This is a guest blog by Graeme Stewart, director of public sector strategy and relations, at McAfee
Earlier this year, the Department for Business and Innovation (BIS) launched Cyber Essentials, to accredit businesses which meet certain minimum cyber security requirements. The programme makes good sense, but the way it was developed is typical of the government’s ad hoc and uncoordinated approach to cyber skills.
Cyber Essentials, as a BIS initiative, is aimed at helping businesses. But the obvious advantage of a government-led scheme is it can require its own suppliers to meet those standards – guaranteeing uptake and improving government security. So why was this not a whole government initiative?
This kind of approach is replicated everywhere. The Department for Education has promoted cyber skills for children through e-skills’ Secure Futures schools campaign. The Home Office also recently launched a £4m information security awareness campaign about rising threat of hacking. The Cabinet Office’s Cyber Security Challenge is working to get people interested in cyber security careers.
Whilst these programmes are welcome and admirable, the government has fallen into its usual trap of creating multiple programmes in silos- duplicating resources, using its time and money poorly. Moreover, the government is missing a trick. Many cyber security companies have resources they’d love to share with government, schools and industry. The lack of coordination means this is largely overlooked.

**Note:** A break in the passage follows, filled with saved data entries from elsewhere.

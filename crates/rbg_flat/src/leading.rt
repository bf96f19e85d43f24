//! How sets are led on: by leaps to their targets, or from a whole word to the same vertices.
ghost use Rattle.std.specs.Prelude.{◌≡◌, ◌+◌, ◌*◌, ◌<◌, length, All, IsTrue};
ghost use Rattle.rbg_shifts.specs.Limits.{row_words};
ghost use Rattle.rbg_flat.specs.internal.Sets.{Meets, IsInWord};
ghost use Rattle.rbg_flat.specs.internal.Leading.{IsTargetFor, IsAmong, IsAmongBits, IsPositionIn};
ghost use Rattle.rbg_flat.specs.internal.Setting.{AreReady, IsToTryIn};

use crate::passing::to_try;
use crate::sets::Sets;
use crate::setting::Setting;
use crate::words::RowWord;
use rbg_base::Position;
use rbg_shifts::Target;

/// Meets the vertices of a word at a position, whose word is at a place. What is new of them is to be looked at, unless a
/// modifier stands there, an on of which no piece stands on the vertex, or a comparison that doesn't hold.
#[inline(always)]
fn meet_at(sets: &mut Sets, setting: &Setting, place: usize, word: RowWord)
    requires ready { AreReady setting.now sets.old }
    requires position { IsPositionIn setting.now.game.now word.position }
    requires place { place < length sets.old.marks }
    requires at { place ≡ word.position * sets.old.columns + word.column }
    requires column { word.column < row_words setting.now.game.now }
    ensures { Meets sets.old sets.new (IsInWord word.position word.column word.bits)
        (IsToTryIn setting.now) }
{
    if sets.knows(place, word.position, word.column, word.bits) {
        return;
    }
    let opens = to_try(setting, word.position, word.column);
    sets.meet_word(place, word, opens);
}

/// Meets the vertices of a target. Where each row has one word, the place is the position.
#[inline(always)]
fn meet_target(sets: &mut Sets, setting: &Setting, target: &Target, narrow: bool)
    requires ready { AreReady setting.now sets.old }
    requires one { IsTrue narrow → sets.old.columns ≡ 1 }
    requires target { IsTargetFor setting.now.game.now target.now }
    ensures { Meets sets.old sets.new
        (IsInWord target.now.position target.now.column target.now.word)
        (IsToTryIn setting.now) }
{
    if narrow {
        let place = sets.narrow_place(target.position);
        let word = RowWord {
            position: target.position,
            column: 0,
            bits: target.word,
        };
        meet_at(sets, setting, place, word);
    } else {
        let column = target.column as usize;
        let place = sets.place(target.position, column);
        let word = RowWord {
            position: target.position,
            column,
            bits: target.word,
        };
        meet_at(sets, setting, place, word);
    }
}

/// Meets the vertices of targets.
#[inline(always)]
fn meet_all(sets: &mut Sets, setting: &Setting, targets: &[Target], narrow: bool)
    requires ready { AreReady setting.now sets.old }
    requires one { IsTrue narrow → sets.old.columns ≡ 1 }
    requires targets { All (IsTargetFor setting.now.game.now) targets.now }
    ensures { Meets sets.old sets.new (IsAmong targets.now) (IsToTryIn setting.now) }
{
    for target in targets {
        meet_target(sets, setting, target, narrow);
    }
}

/// Meets the vertices of targets. Most boards have one word for each row, which is asked once: each of both calls is put in
/// line with its answer.
#[inline(always)]
pub(crate) fn meet_targets(sets: &mut Sets, setting: &Setting, targets: &[Target])
    requires ready { AreReady setting.now sets.old }
    requires targets { All (IsTargetFor setting.now.game.now) targets.now }
    ensures { Meets sets.old sets.new (IsAmong targets.now) (IsToTryIn setting.now) }
{
    if sets.columns() == 1 {
        meet_all(sets, setting, targets, true);
    } else {
        meet_all(sets, setting, targets, false);
    }
}

/// Meets the vertices of a word at these positions.
#[inline(always)]
pub(crate) fn meet_bits(
    sets: &mut Sets,
    setting: &Setting,
    positions: &[Position],
    column: usize,
    bits: u64,
)
    requires ready { AreReady setting.now sets.old }
    requires column { column < row_words setting.now.game.now }
    requires positions { All (IsPositionIn setting.now.game.now) positions.now }
    ensures { Meets sets.old sets.new (IsAmongBits positions.now column bits)
        (IsToTryIn setting.now) }
{
    for position in positions {
        let place = sets.place(*position, column);
        let word = RowWord {
            position: *position,
            column,
            bits,
        };
        meet_at(sets, setting, place, word);
    }
}
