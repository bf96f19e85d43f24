//! Patterns that are walked through: all that is met in them are ons and comparisons, at one vertex each, and none twice.
ghost use Rattle.std.specs.Prelude.{◌≡◌, ◌↔◌, ◌<◌, ◌≤◌, ℕ, length, All, IfSome, IfNone, IsTrue};
ghost use Rattle.rbg_rules.specs.Meaning.{IsGame, IsStart, inside, IsStateOf, beginning};
ghost use Rattle.rbg_shifts.specs.Leaps.{IsLeap, EndsAcross};
ghost use Rattle.rbg_shifts.specs.Origin.{start_of};
ghost use Rattle.rbg_flat.specs.Chains.{at_vertex};
ghost use Rattle.rbg_flat.specs.Ending.{IsDeadEnd};
ghost use Rattle.rbg_flat.specs.Paths.{ArePathsOf};
ghost use Rattle.rbg_flat.specs.internal.Ending.{IsFilledTarget};
ghost use Rattle.rbg_flat.specs.internal.Leading.{IsAmong};
ghost use Rattle.rbg_flat.specs.internal.Sets.{IsInWord};
ghost use Rattle.rbg_flat.specs.internal.Setting.{IsLawfulSetting};
ghost use Rattle.rbg_flat.specs.internal.Walking.{IsPassable, IsWalk, GoesOn, TakesLast};

use crate::ending::DeadEnd;
use crate::passing::to_try;
use crate::paths::{Kind, Paths};
use crate::setting::Setting;
use crate::words::{lowest, shared, without};
use rbg_auto::Expr;
use rbg_base::{Pair, Position, Vertex};
use rbg_rules::Game;
use rbg_shifts::{Origin, Target};
use rbg_state::SemiState;

/// How many words of marks a walk has. Positions whose numbers are so far apart share one.
const PLACES: usize = 16;

/// The most pairs that wait at once.
const MOST_WAITING: usize = 8;

/// The most pairs from which a walk leads on.
const MOST_STEPS: u32 = 64;

/// A walk of a few steps. It has no list of what was met: a mark that is there already may be that of another position,
/// and all the same the walk is given up.
#[derive(Drop)]
pub(crate) struct Walk {
    /// The vertices that were met, as bits.
    marks: [u64; PLACES],
    /// The pairs from which nothing was led on yet are the first so many.
    todo: [Pair; MOST_WAITING],
    waiting: usize,
    /// How many pairs were met.
    many: usize,
}

/// What `Paths::dead_end` tells of the inside of a pattern at a vertex, by a walk through all that holds there. None where
/// something else than an on or a comparison is met, or a target of several vertices, or where the walk is too long.
#[inline(never)]
pub(crate) fn walked_end(
    game: &Game,
    paths: &Paths,
    state: &SemiState,
    pattern: Position,
    vertex: Vertex,
) -> Option<DeadEnd>
    requires lawful { IsGame game.now }
    requires paths { ArePathsOf game.now paths.now }
    requires fits { IsStateOf game.now state.now.state }
    requires vertex { vertex < length game.now.board.first }
    requires stands { IsStart game.now.rules (beginning (inside pattern)) }
    ensures { IfSome result (λ dead. IsDeadEnd game.now (at_vertex state.now.state vertex)
        (beginning (inside pattern)) dead.many dead.ends) }
{
    let setting = Setting { game, paths, state };
    let mut walk = Walk::new();
    let begin = Origin::Begin(Expr::Inside(pattern));
    let mut ends = walk.lead(&setting, begin, vertex)?;
    for _ in 0..MOST_STEPS {
        let Some(next) = walk.take_last() else {
            return Some(DeadEnd {
                many: walk.many,
                ends,
            });
        };
        ends |= walk.lead(&setting, Origin::After(next.position), next.vertex)?;
    }
    None
}

impl Walk {
    /// Nothing was met yet.
    #[inline(always)]
    fn new() -> Walk
        ensures marks { length result.marks ≡ 16 }
        ensures todo { length result.todo ≡ 8 }
        ensures many { result.many ≡ 0 }
        ensures waiting { result.waiting ≡ 0 }
    {
        let none = Pair {
            vertex: 0,
            position: 0,
        };
        Walk {
            marks: [0; PLACES],
            todo: [none; MOST_WAITING],
            waiting: 0,
            many: 0,
        }
    }

    /// The last pair that waits, which waits no longer.
    #[inline(always)]
    fn take_last(&mut self) -> Option<Pair>
        requires todo { length self.old.todo ≡ 8 }
        requires room { self.old.waiting ≤ 8 }
        ensures takes { IfSome result (λ pair. TakesLast self.old self.new pair.0 pair.1) }
        ensures none { IfNone result (self.old.waiting ≡ 0) }
        ensures kept { IfNone result (self.new ≡ self.old) }
    {
        if self.waiting == 0 {
            return None;
        }
        self.waiting -= 1;
        Some(self.todo[self.waiting])
    }

    /// Meets where leaps lead from a place in the rules and a vertex. Returns whether a word may end there with shifts
    /// alone; none where the walk is given up.
    #[inline(always)]
    fn lead(&mut self, setting: &Setting, origin: Origin, vertex: Vertex) -> Option<bool>
        requires set { IsLawfulSetting setting.now }
        requires walk { IsWalk setting.now.game.now setting.now.state.now.state self.old }
        requires vertex { vertex < length setting.now.game.now.board.first }
        requires stands { IsStart setting.now.game.now.rules (start_of origin) }
        ensures goes { IfSome result (λ ends.
            (was : IsWalk setting.now.game.now setting.now.state.now.state self.old)
            → GoesOn setting.now.game.now setting.now.state.now.state self.old was self.new
            (λ v p. IsLeap setting.now.game.now (start_of origin) vertex p v)) }
        ensures ends { IfSome result (λ ends.
            IsTrue ends ↔ EndsAcross setting.now.game.now (start_of origin) vertex) }
    {
        let Some(leaps) = setting.paths.leaps() else {
            return None;
        };
        let (targets, ends) = leaps.leads(origin, vertex);
        if self.meet_all(setting, targets) {
            Some(ends)
        } else {
            None
        }
    }

    /// Meets targets. Returns whether the walk isn't given up.
    #[inline(always)]
    fn meet_all(&mut self, setting: &Setting, targets: &[Target]) -> bool
        requires set { IsLawfulSetting setting.now }
        requires walk { IsWalk setting.now.game.now setting.now.state.now.state self.old }
        requires targets { All (IsFilledTarget setting.now.game.now) targets.now }
        requires board { (v p : ℕ) → IsAmong targets.now v p
            → v < length setting.now.game.now.board.first }
        ensures { IsTrue result
            → (was : IsWalk setting.now.game.now setting.now.state.now.state self.old)
            → GoesOn setting.now.game.now setting.now.state.now.state self.old was self.new
            (IsAmong targets.now) }
    {
        for target in targets {
            if !self.meet(setting, target) {
                return false;
            }
        }
        true
    }

    /// Meets a target. Returns whether the walk isn't given up.
    #[inline(always)]
    fn meet(&mut self, setting: &Setting, target: &Target) -> bool
        requires set { IsLawfulSetting setting.now }
        requires walk { IsWalk setting.now.game.now setting.now.state.now.state self.old }
        requires target { IsFilledTarget setting.now.game.now target.now }
        requires board { (v p : ℕ)
            → IsInWord target.now.position target.now.column target.now.word v p
            → v < length setting.now.game.now.board.first }
        ensures { IsTrue result
            → (was : IsWalk setting.now.game.now setting.now.state.now.state self.old)
            → GoesOn setting.now.game.now setting.now.state.now.state self.old was self.new
            (IsInWord target.now.position target.now.column target.now.word) }
    {
        let Some(opens) = opens_at(setting, target) else {
            return false;
        };
        let place = target.position as usize % PLACES;
        if shared(self.marks[place], target.word) != 0 {
            return false;
        }
        self.marks[place] |= target.word;
        self.many += 1;
        if !opens {
            return true;
        }
        if self.waiting >= MOST_WAITING {
            return false;
        }
        self.todo[self.waiting] = Pair {
            vertex: target.column * 64 + lowest(target.word),
            position: target.position,
        };
        self.waiting += 1;
        true
    }
}

/// Whether the on or the comparison at a target is to be looked at, and so passes. None where something else stands there,
/// or where there are several vertices.
#[inline(always)]
fn opens_at(setting: &Setting, target: &Target) -> Option<bool>
    requires set { IsLawfulSetting setting.now }
    requires target { IsFilledTarget setting.now.game.now target.now }
    ensures { IfSome result (λ opens.
        IsPassable setting.now.game.now setting.now.state.now.state target.now opens) }
{
    if without(target.word, lowest(target.word)) != 0 {
        return None;
    }
    match setting.paths.facts(setting.game, target.position).kind {
        Kind::On | Kind::OnEither | Kind::Comparison => {
            let opens = to_try(setting, target.position, target.column as usize);
            Some(shared(target.word, opens) != 0)
        }
        Kind::Modifier | Kind::Pattern | Kind::Plain => None,
    }
}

Rather than doling out small amounts of money to each department, government should promote collaboration between departments on cyber security.

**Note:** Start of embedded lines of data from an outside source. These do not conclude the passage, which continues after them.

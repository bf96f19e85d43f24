//! Laws of what is found with no modifier before it.
ghost use Rattle.rbg_flat.specs.Chains.{ChainLaw};

/// What is met by leaps, and by actions that hold where these end, is what runs without a modifier lead to.
pub fn leaps_lead_to_candidates()
    ensures { ChainLaw }
{}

Fans of the status quo may argue this would result in a ‘one-size-fits-all’ approach. That’s not true – different departments would still have the right to tailor programmes. But much of the underlying information is the same.
Most departments have similar basic security requirements, so why not work together on a cyber essentials style scheme for all government suppliers? This could then have various add-ons for different department’s requirements.
And the DfE should lead on school level cyber security education, but it should run one programme for schools which coordinates the various resources available from different departments and companies.
Developing such a programme could invite cyber security companies of all sizes to offer their services and resources.
Someone needs to get representatives from different departments providing cyber skills programmes, and all the vendors, in a room together and join the dots.
The government has a duty to provide public sector organisations, business, and society at large with comprehensive cyber skills programmes. But it also has a duty to spend taxpayers money efficiently.
A unified scheme is within the reach of the government if someone would be willing to take the reins. Aside from saving time and money, it will promote the idea that cyber security should be at the core of every organisation, not an add on. Imagine a major company gave its marketing, finance, legal and HR departments separate cyber security budgets. It would make no sense, yet this is what government is doling on a much larger scale.
Cyber security companies have evangelised that organisations need security by default. But only the government has the power and resources to implement national programmes, and it can only do that through a coordinated approach. It is time for the government to stand up and lead the example.